Income Tax

Concealment penalty deleted when income was received by cheque after deducting TDS. ITAT accepts non disclosure as inadvertent

Concealment penalty deleted when income was received by cheque after deducting TDS. ITAT accepts that non disclosure was inadvertent not willful. 

 

ABCAUS Case Law Citation:
ABCAUS 1171 (2017) (03) ITAT

The Grievance:
The appellant assessee had challenged the order of CIT(A) confirming the order of Assessing Officer (‘AO’) imposing penalty on the assessee u/s 271(1)(c) of the Income tax Act, 1961 (Act).

Assessment Year : 2009-10
Date/Month of Pronouncement: March, 2017

Brief Facts of the Case:
The Assessee was an individual. In the course of assessment proceedings the AO on scrutiny of the information available in AIR and ITS noticed that the assessee was paid a sum of Rs.2,24,000/- as technical service fees. The AO further noticed that this sum had not been declared by the assessee in her return of income. This fact was confronted to the assessee. The assessee agreed to the aforesaid sum being added to the total income of the assessee. The AO accordingly added the aforesaid sum to the total income of the Assessee.

In respect of the addition so made, the AO initiated penalty proceedings u/s 271(1)(c) of the Act. In the penalty proceedings, the assessee pointed out that there was a mistake at the time of filing the return of income and there was no intention whatsoever to conceal any particulars of income. The assessee also pointed out that tax has been deducted at source on the payment made to the assessee and in such circumstances there was no reason for the assessee not to declare the aforesaid item of income in the return of income.

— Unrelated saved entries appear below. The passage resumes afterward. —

// Laws: the runs of an accepted protocol are what the machines of its roles make, and what journals keep.
#![tactic(auto)]

ghost use Rattle.rcv_fidelity.specs.Laws.{RunsAreMadeByMachines, RunsAreMadeByTables, MachinesSeeTheirOwn};
ghost use Rattle.rcv_fidelity.specs.Laws.{MachinesAreSafe, JournalsKeepMachineSteps, RunsAreJournals};

/// The runs of an accepted protocol are exactly the lists of events that are steps of its roles' machines.
pub fn runs_are_made_by_machines()
    ensures { RunsAreMadeByMachines }
{}

/// They are exactly those that the tables of these machines allow.
pub fn runs_are_made_by_tables()
    ensures { RunsAreMadeByTables }
{}

/// What a machine can do depends on what its role did and on what lies in the channels to it, and on nothing else.
pub fn machines_see_their_own()
    ensures { MachinesSeeTheirOwn }
{}

/// The machines of an accepted protocol don't get stuck, expect each message that they meet, and leave none.
pub fn machines_are_safe()
    ensures { MachinesAreSafe }
{}

/// After each entry of a legal journal of an accepted protocol, recoveries included, the kept events are such steps.
pub fn journals_keep_machine_steps()
    ensures { JournalsKeepMachineSteps }
{}

/// Each run of an accepted protocol is, stamps apart, what a legal journal without crashes keeps under some rules.
pub fn runs_are_journals()
    ensures { RunsAreJournals }
{}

The assessee pointed out that when the mistake was pointed out by the AO the assessee readily agreed to the addition and therefore the imposition of penalty u/s 271(1)(c) of the Act was not called for. The explanation of the assessee was however rejected by the AO on the ground that had the return of income not been picked up for scrutiny, the fact of receipt of fees by the assessee would not have come to light and the assessee would have got away with not declaring the aforesaid income in the return of income.

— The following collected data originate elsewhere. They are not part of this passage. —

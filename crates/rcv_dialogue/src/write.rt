// Answers, written to their bytes.

ghost use Rattle.std.specs.Prelude.{◌≡◌, ◌<◌, ◌^◌, ◌+◌, ◌++◌, All, flat_map, length, codes, decimal, OnOk};
ghost use Rattle.std.specs.List.{list_all, range_with_len};
ghost use Rattle.rcv_accept.specs.Accepted.{net_for};
ghost use Rattle.rcv_dialogue.specs.Lines.{IsRole};
ghost use Rattle.rcv_dialogue.specs.Answers.{named_text, number_text, count_text, counts_text, undone_text, turn_text};
ghost use Rattle.rcv_dialogue.specs.Answers.{message_text, cause_text, stale_text, expected_text, state_text, role_text};
ghost use Rattle.rcv_dialogue.specs.Answers.{back_line, flight_line, ends_text, point_line, role_line, is_done, end_line, more_text, unread_text};
ghost use Rattle.rcv_dialogue.specs.Answers.{answer_text, HasRole, IsDeclared, HasEnds, NamesInCause, IsNamed};

use crate::answer::{Answer, Back, Cause, RoleState, Stale, State, Turn, Undone};
use crate::few::Kept;
use crate::line::Flight;
use crate::said::{count, label};
use crate::snapshot::write_snapshot;
use crate::wrong::{Expected, LineError, Wrong};
use rcv_accept::accepted::Accepted;
use rcv_text::writer::Writer;
use rcv_tree::event::Message;
use rcv_tree::point::Point;
use rcv_tree::role::RoleId;
use std::alloc::AllocError;

/// A space, and the name of a role.
pub fn named(text: &mut Writer, accepted: &Accepted, role: RoleId) -> Result<(), AllocError>
    requires { IsRole accepted.now role }
    ensures { OnOk result (text.new ≡ text.old ++ named_text accepted.now role) }
{
    text.word(b" ")?;
    text.word(accepted.protocol().roles.name(role))
}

On appeal, the CIT(A) confirmed the order of AO. Aggrieved by the order of CIT(A) the assessee had preferred the present appeal before the Tribunal.

Observations made by the Tribunal:
The Tribunal observed that It was not in dispute that the amount in question was received by the assessee by way of cheque and that the payee had duly deducted tax at source on the payment made to the assessee. Thus the tax due and payable on the income in question had already reached the coffers of the revenue.

It was further observed that when the fact that the receipt was not disclosed in the return of income was confronted to the assessee, she immediately agreed to the addition and also appraised the AO that non disclosure of the said receipt in the return of income was inadvertent and not willful.

The Tribunal opined that the circumstance of the case clearly showed that there was neither an attempt to conceal particulars of income by the assessee nor to furnish inaccurate particulars thereof.

Held:
ITAT accepted the plea of the assesse and held that in the facts and circumstances of the case imposition of penalty u/s 271(1)(c) of the Act was not called for. Accordingly, it cancelled the order imposing penalty and allowed the appeal of the assessee.